Стихотворение это напечатано под названием "Загадка", и в ней действительно, с помощью развернутого иносказания, задается вопрос:



Друзья, что значит сей фантом?
С умильным, ласковым лицом,
Но и с когтями и с хвостом -
Подобье древня супостата.
Трубит в бумажную трубу,
Увенчан лаврами Марата,
Обрызган кровью Коцебу.



О.А.Проскурин, перепечатавший это - прямо-таки вопиющее! - стихотворение в своей книге, увы, не осмелился даже заикнуться о проблеме принадлежности этой публикации перу Пушкина. Исследователь лишь выдвинул предположение, что эта публикация могла явиться ответом на пушкинскую эпиграмму.

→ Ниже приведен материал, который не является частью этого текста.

//! The texts of journals, and reports on runs, beside those that are wanted.

ghost use Rattle.std.specs.Prelude.{All};
ghost use Rattle.abt_report.specs.Pictures.{SaysWordsOf};

use abt_machine::{Journal, Outcome, Want, Workload};
use abt_report::{Picture, journal_text, report};
use std::alloc::Global;

/// Whether this is the text of the journal.
pub(crate) fn is_text_of(alloc: Global, journal: &Journal, wanted: &str) -> bool {
    match journal_text(alloc, journal) {
        Ok(text) => text.as_slice() == wanted.as_bytes(),
        Err(Want) => false,
    }
}

/// Whether this is the report on a run with that number of steps.
pub(crate) fn is_reported(
    alloc: Global,
    w: &Workload,
    steps: u64,
    picture: &Picture,
    outcome: Outcome,
    wanted: &str,
) -> bool
    requires words { All (SaysWordsOf w.now) picture.now }
{
    match report(alloc, w, picture, outcome, steps) {
        Ok(text) => text.as_slice() == wanted.as_bytes(),
        Err(Want) => false,
    }
}
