//! A lock that a stream keeps from one call of an object to the next is given back before a user's function runs.

ghost use Rattle.std.specs.Prelude.{None};
ghost use Rattle.abt_machine.specs.Limits.{function_limit};

use crate::waits::is_seen;
use abt_machine::{Outcome, StreamNo, UnitNo, Want, Workload};
use abt_order::StoredOrder;
use abt_waves::run_streams;
use abt_work::Work;
use abt_workload::read;
use std::alloc::Global;
use std::sync::Wait;
use std::sync::atomic::{AtomicBool, Ordering};
use std::test::Fail;
use std::thread::Threads;

// Unit 0 has had a mutex when it calls function 0. Unit 1 on the other stream locks the mutex while that call goes on.
static KEPT: &str =
    "abt 3\nstreams 2\npool 0 fifo mpmc\npool 1 fifo mpmc\nsched 0 prio 0\nsched 1 prio 1\nstream 0 main 0\nstream 1 main 1\nobject 0 mutex\nunits 2\nunit 0 ult at 0\nlock 0\nunlock 0\ncall 0\nunit 1 ult at 1\ncall 1\nlock 0\nunlock 0\ncall 2\nend\n";

// Function 0 goes on until function 2 has been called, and function 1 until function 0 has been.
#[derive(Drop)]
struct Overlapping {
    begun: AtomicBool,
    passed: AtomicBool,
    met: AtomicBool,
}

impl Overlapping {
    fn new() -> Overlapping {
        Overlapping {
            begun: AtomicBool::new(false),
            passed: AtomicBool::new(false),
            met: AtomicBool::new(false),
        }
    }

    // The call of function 0.
    fn hold(&self) {
        self.begun.store(true, Ordering::SeqCst);
        self.met.store(is_seen(&self.passed), Ordering::SeqCst);
    }
}

impl Work for Overlapping {
    ghost count = { λ _. function_limit };

    ghost returns = { λ _ _ _ _ _. None };

    fn before_step(&self, _stream: StreamNo, _unit: UnitNo, _at: u32) {}

    fn watches(&self) -> bool {
        false
    }

    fn call(&self, function: u32, _unit: UnitNo, acc: u64, _keys: &[u64]) -> u64 {
        match function {
            0 => self.hold(),
            1 => {
                is_seen(&self.begun);
            }
            _ => self.passed.store(true, Ordering::SeqCst),
        }
        acc
    }

    fn accepts(
        &self,
        _function: u32,
        _unit: UnitNo,
        _acc: u64,
        _keys: &[u64],
        _value: u64,
    ) -> bool {
        true
    }
}

// Whether the other stream's calls of the mutex come while function 0 runs.
#[tactic(auto, using(crate::proofs::Storing::stores_calls))]
fn passes<R: Threads + Wait + Sync>(rt: &R, alloc: Global, w: &Workload) -> Result<bool, Want> {
    w.known();
    let work = Overlapping::new();
    let orders = [StoredOrder::rotating(), StoredOrder::mirroring()];
    let run = run_streams(rt, alloc, w, &orders, &work, 1_000, false)?;
    Ok(work.met.load(Ordering::SeqCst) && run.outcome == Outcome::Finished)
}

fn kept_passes<R: Threads + Wait + Sync>(rt: &R, alloc: Global) -> Result<bool, Fail> {
    let w = read(alloc, KEPT.as_bytes())?;
    Ok(passes(rt, alloc, &w)?)
}

#[test]
fn no_lock_is_kept_while_a_function_runs(rt: HostRuntime) -> Result<(), Fail> {
    let none_is = kept_passes(&rt, rt.alloc())?;
    assert!(rt; none_is);
    Ok(())
}
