//! A whole run on the caller's thread, by what its report says.

use crate::reports::is_reported;
use abt_drain::drain;
use abt_machine::{Want, Workload};
use abt_order::StoredOrder;
use abt_workload::read;
use std::alloc::{AllocError, Global};
use std::test::Fail;

// Two streams steal from one another: each of forty units adds one to a number, and the last prints it.
static SHARED: &str =
    "abt 1\nstreams 2\npool 0 deque mpmc\npool 1 deque mpmc\nsched 0 randws 1 0 1\nsched 1 randws 2 1 0\nstream 0 main 0\nstream 1 main 1\nobject 0 mutex\nunits 41\n";

/// The report on them.
pub(crate) static SHARED_REPORT: &str =
    "unit 0 done:\nunit 1 done:\nunit 2 done:\nunit 3 done:\nunit 4 done:\nunit 5 done:\nunit 6 done:\nunit 7 done:\nunit 8 done:\nunit 9 done:\nunit 10 done:\nunit 11 done:\nunit 12 done:\nunit 13 done:\nunit 14 done:\nunit 15 done:\nunit 16 done:\nunit 17 done:\nunit 18 done:\nunit 19 done:\nunit 20 done:\nunit 21 done:\nunit 22 done:\nunit 23 done:\nunit 24 done:\nunit 25 done:\nunit 26 done:\nunit 27 done:\nunit 28 done:\nunit 29 done:\nunit 30 done:\nunit 31 done:\nunit 32 done:\nunit 33 done:\nunit 34 done:\nunit 35 done:\nunit 36 done:\nunit 37 done:\nunit 38 done:\nunit 39 done:\nunit 40 done: 40\ntally units 41 unborn 0 pool 0 stream 0 blocked 0 done 41 asked 0 access 0 steps 244\nfinished\n";

// Whether the run of a workload in rotation has this report, if its journal is kept or if it is not.
fn is_run(
    alloc: Global,
    w: &Workload,
    steps: u64,
    keeps: bool,
    report: &str,
) -> Result<bool, Want> {
    let orders = [StoredOrder::rotating(), StoredOrder::mirroring()];
    let run = drain(alloc, w, &orders, steps, keeps)?;
    Ok(is_reported(alloc, w, run.steps, &run.picture, run.outcome, report))
}

// Appends forty units that add, and the one that joins them all and prints.
fn push_shared(text: &mut String) -> Result<(), AllocError> {
    text.push_str(SHARED)?;
    for u in 0..40 {
        let pool = u % 2;
        write!(
            text,
            "unit {u} ult at {pool}\nlock 0\nload 0\nadd 1\nstore 0\nunlock 0\n"
        )?;
    }
    text.push_str("unit 40 ult at 0\n")?;
    for u in 0..40 {
        writeln!(text, "join {u}")?;
    }
    text.push_str("lock 0\nload 0\nprint\nunlock 0\nend\n")
}

/// The workload of these units.
pub(crate) fn shared(alloc: Global) -> Result<Workload, Fail> {
    let mut text = String::new(alloc);
    push_shared(&mut text)?;
    Ok(read(alloc, text.as_bytes())?)
}

// Whether their run in rotation has this report, and the one without a journal too.
fn share(alloc: Global) -> Result<bool, Fail> {
    let w = shared(alloc)?;
    let kept = is_run(alloc, &w, 10_000, true, SHARED_REPORT)?;
    let other = is_run(alloc, &w, 10_000, false, SHARED_REPORT)?;
    Ok(kept && other)
}

#[test]
fn two_streams_share_a_number(rt: HostRuntime) -> Result<(), Fail> {
    let they_do = share(rt.alloc())?;
    assert!(rt; they_do);
    Ok(())
}
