//! Runs on threads that end in each way, while the other streams sleep or are at work.

ghost use Rattle.std.specs.Prelude.{◌≤◌};

use abt_machine::{Outcome, StreamNo, Want, Workload};
use abt_order::StoredOrder;
use abt_waves::run_streams;
use abt_work::AnyWork;
use abt_workload::read;
use std::alloc::{AllocError, Global};
use std::sync::Wait;
use std::test::Fail;
use std::thread::Threads;

// How many steps each stream may make.
const STEPS: u64 = 100_000;

// How many steps the units of each other stream make.
const OTHERS: u64 = 300;

// Units 0 and 1, both in the pool of stream 0, how their runs end, and how many steps the two make.
type Way = (&'static str, Outcome, u64);

static FINISHED: Way = (
    "many 0 2 ult at 0\nrepeat 200 yield\n",
    Outcome::Finished,
    400,
);

// Nobody sets the eventual.
static STUCK: Way = (
    "many 0 2 ult at 0\nrepeat 200 yield\newait 0\n",
    Outcome::Stuck,
    402,
);

// The two revive one another.
static BUDGET: Way = (
    "unit 0 ult at 0\nrevive 1 0\nunit 1 ult at 0\nrevive 0 0\n",
    Outcome::Budget(StreamNo(0)),
    STEPS,
);

// Appends streams with a private pool each.
fn push_streams(text: &mut String, streams: u32) -> Result<(), AllocError> {
    writeln!(text, "abt 2\nstreams {streams}")?;
    for s in 0..streams {
        writeln!(text, "pool {s} fifo priv of {s}")?;
    }
    for s in 0..streams {
        writeln!(text, "sched {s} prio {s}")?;
    }
    for s in 0..streams {
        writeln!(text, "stream {s} main {s}")?;
    }
    text.push_str("object 0 eventual\n")
}

// Appends three units for each stream but the first.
fn push_others(text: &mut String, streams: u32) -> Result<(), AllocError>
    requires { streams ≤ 16 }
{
    for s in 1..streams {
        let first = 3 * s - 1;
        writeln!(text, "many {first} 3 ult at {s}\nrepeat 100 yield")?;
    }
    text.push_str("end\n")
}

// The workload of this way over so many streams, of which the others are at work or asleep.
fn workload_of(alloc: Global, way: &Way, streams: u32, at_work: bool) -> Result<Workload, Fail>
    requires { streams ≤ 16 }
{
    let (lines, _, _) = way;
    let mut text = String::new(alloc);
    push_streams(&mut text, streams)?;
    if at_work {
        let units = 3 * streams;
        writeln!(text, "units {}", units.saturating_sub(1))?;
        text.push_str(lines)?;
        push_others(&mut text, streams)?;
    } else {
        writeln!(text, "units 2\n{lines}end")?;
    }
    Ok(read(alloc, text.as_bytes())?)
}

// Whether the run of a workload ends so, after so many steps.
#[tactic(auto, using(crate::proofs::Storing::stores_calls))]
fn is_run<R: Threads + Wait + Sync>(
    rt: &R,
    alloc: Global,
    w: &Workload,
    outcome: Outcome,
    steps: u64,
) -> Result<bool, Want> {
    w.known();
    let orders = [StoredOrder::rotating(), StoredOrder::mirroring()];
    let run = run_streams(rt, alloc, w, &orders, &AnyWork, STEPS, false)?;
    Ok(run.outcome == outcome && run.steps == steps)
}

// Whether the run of this way ends so, while the others are asleep and while they are at work.
fn ends_so<R: Threads + Wait + Sync>(
    rt: &R,
    alloc: Global,
    way: &Way,
    streams: u32,
) -> Result<bool, Fail>
    requires { streams ≤ 16 }
{
    let (_, outcome, steps) = way;
    let asleep = workload_of(alloc, way, streams, false)?;
    let at_work = workload_of(alloc, way, streams, true)?;
    let others = OTHERS * (streams.saturating_sub(1) as u64);
    Ok(
        is_run(rt, alloc, &asleep, *outcome, *steps)?
            && is_run(rt, alloc, &at_work, *outcome, steps.saturating_add(others))?,
    )
}

// Whether it ends so with 2, with 4 and with 16 streams.
fn ends<R: Threads + Wait + Sync>(rt: &R, alloc: Global, way: &Way) -> Result<bool, Fail> {
    Ok(ends_so(rt, alloc, way, 2)? && ends_so(rt, alloc, way, 4)? && ends_so(rt, alloc, way, 16)?)
}

#[test]
fn runs_finish_beside_other_streams(rt: HostRuntime) -> Result<(), Fail> {
    let they_do = ends(&rt, rt.alloc(), &FINISHED)?;
    assert!(rt; they_do);
    Ok(())
}

#[test]
fn runs_are_stuck_beside_other_streams(rt: HostRuntime) -> Result<(), Fail> {
    let they_are = ends(&rt, rt.alloc(), &STUCK)?;
    assert!(rt; they_are);
    Ok(())
}

#[test]
fn streams_are_spent_beside_other_streams(rt: HostRuntime) -> Result<(), Fail> {
    let they_are = ends(&rt, rt.alloc(), &BUDGET)?;
    assert!(rt; they_are);
    Ok(())
}
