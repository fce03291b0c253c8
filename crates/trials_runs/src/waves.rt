//! Whole runs on threads, whose journals are judged to be runs, by what their reports say.

ghost use Rattle.std.specs.Prelude.{None, ◌≤◌};
ghost use Rattle.abt_machine.specs.Limits.{function_limit};

use crate::drains::{SHARED_REPORT, shared};
use crate::reports::is_reported;
use abt_check::{Verdict, check};
use abt_generate::generate;
use abt_machine::{Outcome, StreamNo, UnitNo, Want, Workload};
use abt_order::StoredOrder;
use abt_waves::run_streams;
use abt_work::{AnyWork, Work};
use abt_workload::read;
use std::alloc::Global;
use std::hint::spin_loop;
use std::sync::Wait;
use std::sync::atomic::{AtomicBool, Ordering};
use std::test::Fail;
use std::thread::Threads;

// How many times each run is repeated.
const TIMES: u32 = 10;

// The most turns that a held step waits.
const TURNS: u32 = 10_000_000;

// Two streams that share nothing, with a step each.
static APART: &str =
    "abt 1\nstreams 2\npool 0 fifo priv of 0\npool 1 fifo priv of 1\nsched 0 prio 0\nsched 1 prio 1\nstream 0 main 0\nstream 1 main 1\nunits 2\nunit 0 ult at 0\nset 1\nunit 1 ult at 1\nset 1\nend\n";

static APART_REPORT: &str =
    "unit 0 done:\nunit 1 done:\ntally units 2 unborn 0 pool 0 stream 0 blocked 0 done 2 asked 0 access 0 steps 2\nfinished\n";

// 4,000 units add 1 to a number and meet at a barrier, where one more waits for them and then prints the number.
static BARRIER: &str =
    "abt 2\nstreams 2\npool 0 fifo mpmc\nsched 0 prio 0\nsched 1 prio 0\nstream 0 main 0\nstream 1 main 1\nobject 0 mutex\nobject 1 barrier 4001\nunits 4001\nmany 0 4000 ult at 0\nlock 0\nload 0\nadd 1\nstore 0\nunlock 0\nbwait 1\nunit 4000 ult at 0\nbwait 1\nlock 0\nload 0\nprint\nunlock 0\nend\n";

// Holds each step of one stream until the other has reached one, or for as many turns as a held step waits.
#[derive(Drop)]
struct Meeting {
    held: StreamNo,
    reached: AtomicBool,
    met: AtomicBool,
}

impl Meeting {
    fn new(held: StreamNo) -> Meeting {
        Meeting {
            held,
            reached: AtomicBool::new(false),
            met: AtomicBool::new(false),
        }
    }

    // Whether a held step saw that the other stream had reached one.
    fn has_met(&self) -> bool {
        self.met.load(Ordering::SeqCst)
    }
}

impl Work for Meeting {
    ghost count = { λ _. function_limit };

    ghost returns = { λ _ _ _ _ _. None };

    fn before_step(&self, stream: StreamNo, _unit: UnitNo, _at: u32) {
        if stream != self.held {
            self.reached.store(true, Ordering::SeqCst);
            return;
        }
        for _ in 0..TURNS {
            if self.reached.load(Ordering::SeqCst) {
                self.met.store(true, Ordering::SeqCst);
                return;
            }
            spin_loop();
        }
    }

    fn call(&self, _function: u32, _unit: UnitNo, acc: u64, _keys: &[u64]) -> u64 {
        acc
    }

    fn accepts(
        &self,
        _function: u32,
        _unit: UnitNo,
        _acc: u64,
        _keys: &[u64],
        _value: u64,
    ) -> bool {
        true
    }
}

// Whether a run on threads has this report, or is finished if none is stated, and has a journal that is judged to be a run.
#[tactic(auto, using(crate::proofs::Storing::stores_calls))]
fn is_run<R: Threads + Wait + Sync, P: Work + Sync>(
    rt: &R,
    alloc: Global,
    w: &Workload,
    work: &P,
    steps: u64,
    report: Option<&str>,
) -> Result<bool, Want>
    requires { function_limit ≤ P.count work.now }
{
    w.known();
    let orders = [StoredOrder::rotating(), StoredOrder::mirroring()];
    let run = run_streams(rt, alloc, w, &orders, work, steps, true)?;
    let is = match report {
        Some(text) => is_reported(alloc, w, run.steps, &run.picture, run.outcome, text),
        None => run.outcome == Outcome::Finished,
    };
    match &run.journal {
        Some(journal) => Ok(is && check(alloc, w, &orders, work, journal)? == Verdict::Run),
        None => Ok(false),
    }
}

// As `is_run`, of each of several runs of at most 10,000 steps a stream.
fn are_runs<R: Threads + Wait + Sync>(
    rt: &R,
    alloc: Global,
    w: &Workload,
    report: Option<&str>,
) -> Result<bool, Want> {
    for _ in 0..TIMES {
        if !is_run(rt, alloc, w, &AnyWork, 10_000, report)? {
            return Ok(false);
        }
    }
    Ok(true)
}

// As `are_runs`, of two streams that share a number.
fn share<R: Threads + Wait + Sync>(rt: &R, alloc: Global) -> Result<bool, Fail> {
    let w = shared(alloc)?;
    Ok(are_runs(rt, alloc, &w, Some(SHARED_REPORT))?)
}

#[test]
fn streams_on_threads_share_a_number(rt: HostRuntime) -> Result<(), Fail> {
    let they_do = share(&rt, rt.alloc())?;
    assert!(rt; they_do);
    Ok(())
}

// As `are_runs`, of 126 adders.
fn add<R: Threads + Wait + Sync>(rt: &R, alloc: Global) -> Result<bool, Fail> {
    let w = generate(alloc, 126)?;
    Ok(are_runs(rt, alloc, &w, None)?)
}

#[test]
fn journals_of_threads_are_judged_runs(rt: HostRuntime) -> Result<(), Fail> {
    let they_are = add(&rt, rt.alloc())?;
    assert!(rt; they_are);
    Ok(())
}

// As `is_run`, of a barrier that lets 4,001 units through.
fn let_through<R: Threads + Wait + Sync>(rt: &R, alloc: Global) -> Result<bool, Fail> {
    let w = read(alloc, BARRIER.as_bytes())?;
    Ok(is_run(rt, alloc, &w, &AnyWork, 100_000, None)?)
}

#[test]
fn a_journal_of_4001_units_is_judged_a_run(rt: HostRuntime) -> Result<(), Fail> {
    let it_is = let_through(&rt, rt.alloc())?;
    assert!(rt; it_is);
    Ok(())
}

// Whether a run has its report, and a held step of this stream meets one of the other.
fn meets<R: Threads + Wait + Sync>(rt: &R, alloc: Global, held: StreamNo) -> Result<bool, Fail> {
    let w = read(alloc, APART.as_bytes())?;
    let meeting = Meeting::new(held);
    let is = is_run(rt, alloc, &w, &meeting, 10_000, Some(APART_REPORT))?;
    Ok(is && meeting.has_met())
}

#[test]
fn steps_of_two_streams_meet(rt: HostRuntime) -> Result<(), Fail> {
    let first = meets(&rt, rt.alloc(), StreamNo(0))?;
    let second = meets(&rt, rt.alloc(), StreamNo(1))?;
    assert!(rt; first, "stream 0 is held");
    assert!(rt; second, "stream 1 is held");
    Ok(())
}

В связи с этим он был вынужден заново обратиться к датировке пушкинского четверостишия - на основе даты выхода журнального номера со стихотворением "Загадка". А это занятие щекотливое, поскольку возможная дата появления эпиграммы "<На Стурдзу>" до сих пор была тщательно вычислена на основе того времени, когда в Россию могли впервые дойти известия о европейских приключениях ее адресата: по мнению исследователей, это могло произойти не раньше, чем сам Стурдза в своем бегстве достиг Польши. И не получается ли так, что стихотворение, которое должно было бы служить репликой на эпиграмму "<На Стурдзу>", появилось раньше... чем известия о приключениях Стурдзы стали известны ее сочинителю?!... Впрочем, быть может, все обстояло наоборот, и это Пушкин позднее переиначил стихотворение, прочитанное им в петербургском журнале?...


Как бы то ни было, все эти построения основываются на исходном предположении о безусловно охранительном характере публикации "Благонамеренного": не важно, она ли, эта публикация, полемизировала с Пушкиным, или "вольнодумец" Пушкин - полемизировал с ней. Вновь, как и в случае с пушкинским четверостишием, мы сталкиваемся с априорным убеждением, возникшим без сколько-нибудь серьезного анализа этой публикации (да и о каком серьезном анализе может идти речь, если исследователь-пушкинист, просто обращаясь к ней, и так ходит по лезвию ножа!) и даже, как увидим, - в результате недостаточно внимательного отношения к самому ее печатному тексту.


А между тем, дело обстоит прямо противоположным образом, чем это нам внушает мнение, представляющееся "само собой разумеющимся". Если бы авторство пушкинской эпиграммы "<На Стурдзу>", дошедшей до нас только в списках, не было удостоверено современниками и перед нами, точно так же как для журнальной "Загадки", возникла необходимость атрибутировать ее Пушкину, - то в отношении произведения "Благонамеренного" наша уверенность оказалась бы значительно выше, чем в отношении четверостишия, ходившего по рукам: в первом из них признаков принадлежности Пушкину куда больше, чем во втором!